Il giorno dopo mi svegliai sul tuo stesso letto, privo di vestiti. Ci misi qualche secondo a metabolizzare ciò che era accaduto la notte prima e, quando ricordai, sentii le guance accaldarsi ed assumere un colorito porpora. Avevamo fatto l'amore e mi avevi detto che mi amavi. Tu, Min Yoongi, amavi me, Park Jimin. Non potevo crederci. Osservai il tuo viso dormiente, mentre accarezzavo le tue forti braccia che, già dal mio risveglio, mi tenevano stretto a te, come in un tacito timore di potermi perdere. Non sarebbe mai accaduto. Quando ti svegliasti, la prima cosa che feci fu sorridermi e, delicatamente,mi desti un dolce bacio del buon giorno. -sto sognando- fu il mio primo pensiero, arrossendo timidamente "buongiorno piccoletto" la tua voce appena sveglio era così roca, che mi mandò in palla la testa, e te ne rendesti subito conto, sorridendo beffardo. "Ti amo" mi sussurrasti quindi all'orecchio e, senza aspettare risposta, mi detti un altro bacio, questa volta più passionale.

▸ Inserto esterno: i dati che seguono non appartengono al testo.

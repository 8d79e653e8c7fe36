//! What an exporter counts of its own work, in counters of its own state.

ghost use Rattle.std.specs.Prelude.{◌≡◌, ◌⊎◌, IfOk, OnErr};
ghost use Rattle.std.specs.List.{FoldsTo};
ghost use Rattle.dsd_forwarder.specs.OwnCounters.{own_key, own_counters};
ghost use Rattle.metrics_core.specs.declared.kinds.MetricKind.TheVariants as kinds;
ghost use Rattle.shared_turns.specs.Passes.{view_of};
ghost use Rattle.dsd_forwarder.specs.Registering.{MayRegister, RegistersCounter};
ghost use Rattle.dsd_forwarder.specs.Telemetry.{Holds, Registers, RegistersSome, RegistersSeen, RegistersSomeSeen, AddsTo, EachAdds, counters_of};

use crate::held::HeldCounter;
use crate::held_pass::HeldPass;
use crate::own_counters::{OWN_COUNTERS, OwnCounter};
use dsd_exporter::{State, TelemetryUpdate};
use metrics_core::{Memory, MetricKind, SeriesId};
use std::alloc::Global;
use std::marker::Model;
use std::sync::Wait;

/// One of the exporter's own counters, as its state lent it. None was lent where no series was made for it.
#[derive(Drop)]
pub struct OwnCount {
    /// Which of them it is.
    pub counter: OwnCounter,
    /// What the state lent of it.
    pub held: Option<HeldCounter>,
}

impl OwnCount {
    /// Adds to it what an update says, also where that is 0.
    fn add<R: Wait>(&mut self, rt: &R, update: &TelemetryUpdate)
        ensures { AddsTo update.now self.old self.new }
    {
        if let Some(held) = &mut self.held {
            held.increment(rt, self.counter.added(update));
        }
    }
}

/// Adds to each what an update says.
fn add_all<R: Wait>(counts: &mut [OwnCount], rt: &R, update: &TelemetryUpdate)
    ensures { EachAdds update.now counts.old counts.new }
{
    for count in counts.iter_mut() {
        count.add(rt, update);
    }
}

/// What a state lends of the counter with an id, where it has one.
fn lend_held(alloc: Global, state: &mut State, id: SeriesId) -> Result<Option<HeldCounter>, Memory>
    ensures held { IfOk result (λ held. Holds id held state.old state.new) }
    ensures refused { OnErr result (state.new ≡ state.old) }
{
    match state.lend_counter(alloc, id)? {
        Some(lent) => Ok(Some(HeldCounter::new(lent))),
        None => Ok(None),
    }
}

/// Registers one of the exporter's own counters, and lends it.
fn register_own(
    alloc: Global,
    state: &mut State,
    transport: &'static str,
    counter: OwnCounter,
) -> Result<OwnCount, Memory>
    ensures counter { IfOk result (λ count. count.counter ≡ counter) }
    ensures registered { IfOk result (λ count. Registers transport.now state.old count state.new) }
    ensures refused { OnErr result ((state.new ≡ state.old)
        ⊎ RegistersCounter (own_key transport.now counter) state.old state.new) }
{
    let key = counter.key(alloc, transport)?;
    let id = state.register_owned_counter(alloc, key)?;
    let held = lend_held(alloc, state, id)?;
    Ok(OwnCount { counter, held })
}

/// Registers one of the exporter's own counters with a pass of the state that it is in, and lends it.
fn register_own_seen<R: Wait>(
    rt: &R,
    alloc: Global,
    own: &mut HeldPass,
    transport: &'static str,
    counter: OwnCounter,
) -> Result<OwnCount, Memory>
    ensures counter { IfOk result (λ count. count.counter ≡ counter) }
    ensures registered { IfOk result (λ count.
        RegistersSeen transport.now (view_of own.old.pass) count (view_of own.new.pass)) }
    ensures refused { OnErr result ((view_of own.new.pass ≡ view_of own.old.pass)
        ⊎ MayRegister kinds.Counter (own_key transport.now counter) (view_of own.old.pass) (view_of own.new.pass)) }
    ensures state { own.new.state ≡ own.old.state }
    ensures number { (view_of own.new.pass).number ≡ (view_of own.old.pass).number }
{
    let key = counter.key(alloc, transport)?;
    let id = own
        .state
        .register(rt, alloc, &mut own.pass, MetricKind::Counter, &key)?;
    match own.state.lend_counter(rt, alloc, &mut own.pass, id)? {
        Some(lent) => Ok(OwnCount {
            counter,
            held: Some(HeldCounter::new(lent)),
        }),
        None => Ok(OwnCount {
            counter,
            held: None,
        }),
    }
}

/// The exporter's own counters, which stand in its state beside the others. A contract sees them in order of registration.
#[derive(Drop)]
pub struct Telemetry {
    counts: Vec<OwnCount>,
}

impl Model for Telemetry {
    ghost use Rattle.std.specs.Prelude.{List};
    ghost use Rattle.dsd_forwarder.specs.declared.telemetry.OwnCount.{OwnCount as OwnCountOf};

    ghost Value = { List OwnCountOf };

    ghost view = { λ telemetry. telemetry.counts.items };
}

impl Telemetry {
    /// Registers the counters in a state, for payloads that go by this transport, and has each lent. Where it is refused, those
    /// that were registered by then stay registered.
    pub fn new(
        alloc: Global,
        state: &mut State,
        transport: &'static str,
    ) -> Result<Telemetry, Memory>
        ensures all { IfOk result (λ telemetry. counters_of telemetry ≡ own_counters) }
        ensures registered { IfOk result (λ telemetry.
            FoldsTo (Registers transport.now) state.old telemetry state.new) }
        ensures refused { OnErr result (RegistersSome transport.now state.old own_counters
            state.new) }
    {
        let mut counts = Vec::with_capacity(alloc, OWN_COUNTERS.len())?;
        for counter in OWN_COUNTERS {
            counts.push(register_own(alloc, state, transport, counter)?)?;
        }
        Ok(Telemetry { counts })
    }

    /// Registers the counters as `new` does, in a state that is shared: each is an entry of the pass.
    pub(crate) fn seen<R: Wait>(
        rt: &R,
        alloc: Global,
        own: &mut HeldPass,
        transport: &'static str,
    ) -> Result<Telemetry, Memory>
        ensures all { IfOk result (λ telemetry. counters_of telemetry ≡ own_counters) }
        ensures registered { IfOk result (λ telemetry.
            FoldsTo (RegistersSeen transport.now) (view_of own.old.pass) telemetry
            (view_of own.new.pass)) }
        ensures refused { OnErr result (RegistersSomeSeen transport.now
            (view_of own.old.pass) own_counters (view_of own.new.pass)) }
        ensures state { own.new.state ≡ own.old.state }
        ensures number { (view_of own.new.pass).number ≡ (view_of own.old.pass).number }
    {
        let mut counts = Vec::with_capacity(alloc, OWN_COUNTERS.len())?;
        for counter in OWN_COUNTERS {
            counts.push(register_own_seen(rt, alloc, own, transport, counter)?)?;
        }
        Ok(Telemetry { counts })
    }

    /// Adds to each counter what an update says, once, also where that is 0.
    pub fn apply_update<R: Wait>(&mut self, rt: &R, update: &TelemetryUpdate)
        ensures { EachAdds update.now self.old self.new }
    {
        add_all(self.counts.as_mut_slice(), rt, update);
    }
}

Il 10 Aprile ricevetti una telefonata dai miei genitori, dove mi avvisarono che, per vari problemi, il loro viaggio si sarebbe prolungato di qualche giorno o, probabilmente, settimana. Ricordo ancora come corsi, tutto felice, per tutta casa alla tua ricerca, per darti quella fantastica notizia. Gli occhi mi brillavano e la mano che reggeva il telefono era tremante per l'emozione. Peccato che non eri a casa. In realtà, erano vari giorni che uscivi il pomeriggio, senza dirmi niente, e tornavi stanco la sera. Non pensavo a cose come "mi sta tradendo" bensì a "spero non si metti nei guai" perché, da ciò che il mio migliore amico, Taehyung, era riuscito a scoprire su di te, eri immischiato in delle faccende losche che, a lungo andare, ti sarebbero potute costare la vita. Non potevo perderti per nessun motivo al mondo.

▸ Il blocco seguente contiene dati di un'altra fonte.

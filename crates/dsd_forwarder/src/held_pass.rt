//! A pass of a shared state, held with the state that it is of.

ghost use Rattle.std.specs.Prelude.{◌≡◌, IfOk, OnErr, OnOk};
ghost use Rattle.std.specs.Arc.{arc_value};
ghost use Rattle.legal_history.specs.History.{child, lender, taker};
ghost use Rattle.shared_turns.specs.Passes.{view_of};
ghost use Rattle.shared_flushes.specs.Passes.{IsPass, one_pass};
ghost use Rattle.shared_flushes.specs.Stands.{During};
ghost use Rattle.dsd_exporter.specs.Flushing.{Found, Flushes};
ghost use Rattle.dsd_exporter.specs.Sending.{WritesFlush};
ghost use Rattle.dsd_forwarder.specs.Registering.{IsHandedCounter, IsHandedGauge, IsHandedHistogram};

use crate::registering::{register_counter, register_gauge, register_histogram};
use dsd_exporter::{FlushState, Lent, TelemetryUpdate};
use dsd_writer::PayloadWriter;
use flushed_cells::{CounterPass, DsdCounter, DsdGauge, GaugePass};
use metrics_core::{Fixed, Key, Memory, Words};
use sample_queue::{DsdHistogram, SamplePass};
use shared_flushes::{SharedState, StatePass};
use std::alloc::Global;
use std::sync::{Arc, Wait};

/// A pass of a shared state with that state: who has it can register and flush.
#[derive(Drop)]
pub(crate) struct HeldPass {
    pub(crate) state: Arc<SharedState>,
    pub(crate) pass: StatePass,
    ghost own: { IsPass (arc_value state) pass } by { one_pass (arc_value state) pass },
}

impl HeldPass {
    /// Registers a counter and hands it out.
    pub(crate) fn register_counter<R: Wait>(
        &mut self,
        rt: &R,
        alloc: Global,
        key: &Key,
    ) -> Result<Lent<Arc<DsdCounter>, CounterPass>, Memory>
        ensures { IfOk result IsHandedCounter }
    {
        register_counter(rt, alloc, &self.state, &mut self.pass, key)
    }

    /// Registers a gauge and hands it out.
    pub(crate) fn register_gauge<R: Wait>(
        &mut self,
        rt: &R,
        alloc: Global,
        key: &Key,
    ) -> Result<Lent<Arc<DsdGauge>, GaugePass>, Memory>
        ensures { IfOk result IsHandedGauge }
    {
        register_gauge(rt, alloc, &self.state, &mut self.pass, key)
    }

    /// Registers a histogram and hands it out.
    pub(crate) fn register_histogram<R: Wait>(
        &mut self,
        rt: &R,
        alloc: Global,
        key: &Key,
    ) -> Result<Lent<Arc<DsdHistogram>, SamplePass<Fixed>>, Memory>
        ensures { IfOk result IsHandedHistogram }
    {
        register_histogram(rt, alloc, &self.state, &mut self.pass, key)
    }

    /// Flushes the state into a writer, as `SharedState::write_flush` does.
    pub(crate) fn write_flush<R: Wait, W: Words>(
        &mut self,
        rt: &R,
        alloc: Global,
        flush_state: &mut FlushState,
        writer: &mut PayloadWriter,
        telemetry: &mut TelemetryUpdate,
        moment: u64,
        words: &mut W,
    ) -> Result<u64, Memory>
        ensures written { IfOk result (λ left_out.
            During (λ x y. WritesFlush moment x y flush_state.old flush_state.new writer.old
            writer.new
            telemetry.old telemetry.new (W.to_come words.old) (W.to_come words.new) left_out) (view_of self.old.pass) (view_of self.new.pass)) }
        ensures refused { OnErr result (During
            (λ x y. (found : Found)
            × Flushes moment found x y flush_state.old flush_state.new writer.old writer.new
            telemetry.old telemetry.new (W.to_come words.old) (W.to_come words.new)) (view_of self.old.pass) (view_of self.new.pass)) }
        ensures state { self.new.state ≡ self.old.state }
        ensures number { (view_of self.new.pass).number ≡ (view_of self.old.pass).number }
    {
        self.state.write_flush(
            rt,
            alloc,
            &mut self.pass,
            flush_state,
            writer,
            telemetry,
            moment,
            words,
        )
    }

    /// As the root lends a pass: refused where no number is left for it.
    pub(crate) fn lend(&mut self) -> Result<StatePass, Memory>
        requires { (view_of self.old.pass).number ≡ 0 }
        ensures lent { IfOk result (λ pass. IsPass (arc_value self.old.state) pass
            × (view_of pass ≡ child (view_of self.old.pass))) }
        ensures child { IfOk result (λ pass. ¬ ((view_of pass).number ≡ 0)) }
        ensures root { OnOk result (view_of self.new.pass ≡ lender (view_of self.old.pass)) }
        ensures refused { OnErr result (view_of self.new.pass ≡ view_of self.old.pass) }
        ensures state { self.new.state ≡ self.old.state }
    {
        if self.pass.splits() >= u64::MAX - 1 {
            return Err(Memory);
        }
        Ok(self.state.split(&mut self.pass))
    }

    /// As the root takes a pass back.
    pub(crate) fn take_back(&mut self, pass: StatePass)
        requires root { (view_of self.old.pass).number ≡ 0 }
        requires pass { IsPass (arc_value self.old.state) pass }
        requires lent { ¬ ((view_of pass).number ≡ 0) }
        ensures view { view_of self.new.pass ≡ taker (view_of self.old.pass) (view_of pass) }
        ensures state { self.new.state ≡ self.old.state }
    {
        self.state.join(&mut self.pass, pass);
    }
}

Il 20 Aprile feci una chiamata dal tuo telefono, scusa per non avertelo detto. Chiamai il tuo amico Hoseok e gli chiesi di farti uscire da quel mondo, ma lui non mi potè promettere nulla. Ero frustrato, dato che volevo solamente vivere una vita con te, Yoongi. Fu così che, quella stessa notte, decisi di seguirti fuori casa. Non avevo idea che quella sarebbe stata una pessima idea perché, se lo avessi saputo, sarei rimasto sotto le calde coperte, inebriandomi del tuo profumo e sparando in un tuo veloce ritorno. Ricordo che ti fermasti in mezzo ai vicoli della città, in quei vicoli dove nessuno andava mai perchè territorio di gente losca, con le mani sporche di sangue e piene di droga. Gente che, sinceramente, speravo di non dover vedere mai in vita mia. Ti seguii e, quando ti chiesero di unirti a loro, uscii allo scoperto e, cogliendo tutto il mio coraggio, gli urlai dic lasciarti libero. Yoongi, io volevo solo il tuo bene, il nostro bene. Quando, però, il ragazzo vicino al capo estrasse la pistola, il mio cervello smise di funzionare. Ricordo ancora i tuoi occhi pieni di paura, mentre mi prendevi il polso e mi trascinavi via, come ricordo ancora perfettamente il suono di quello sparo ed il tuo petto che, poco a poco, si ricopriva di un rosso cremisi. Era sangue, il tuo sangue. Ricordo la mia vista offuscata dalle lacrime mentre mi piegavo a terra e ti prendevo sul mio ventre, premendo sul petto alla disperata prova di poter fermareiol sangue che, come un fiume in piena, usciva dal tuo corpo. Ricordo il tuo sguardo vacillante sul mio, la tua mano tremante che mi accarezzava la guancia e le tue ultime parole: "sono contento di aver detto scusa" che, in un batter d'occhio, mi riportarono a quella sera quando, pronto ad uscire da quella stanza, ti avvicinasti a me mi sussurrasti "scusa" lasciandomi con un bacio sulla fronte. Le lacrime iniziarono a cadere ancora più copiosamente dai miei occhi, alcune finirono sulle labbra che, per via dei singhiozzi, erano aperte, facendomi realizzare quanto fossero salate. L'ultima cosa che ricordo di quella notte sono io che, correndo, mi ripetevo "è solo un sogno" come un disco rotto.

Oggi, 21 Aprile, dopo aver realizzato tutto ciò che accadde la notte scorsa, con il cuore spezzato, il viso coperto di lacrime, la mente piena di lui, sto dicendo addio a questo mondo, il mondo dove tu non sei più con me. io , Park Jimin, tornerò da te, mio amato Min Yoongi, poiché neanche la morte può separarci.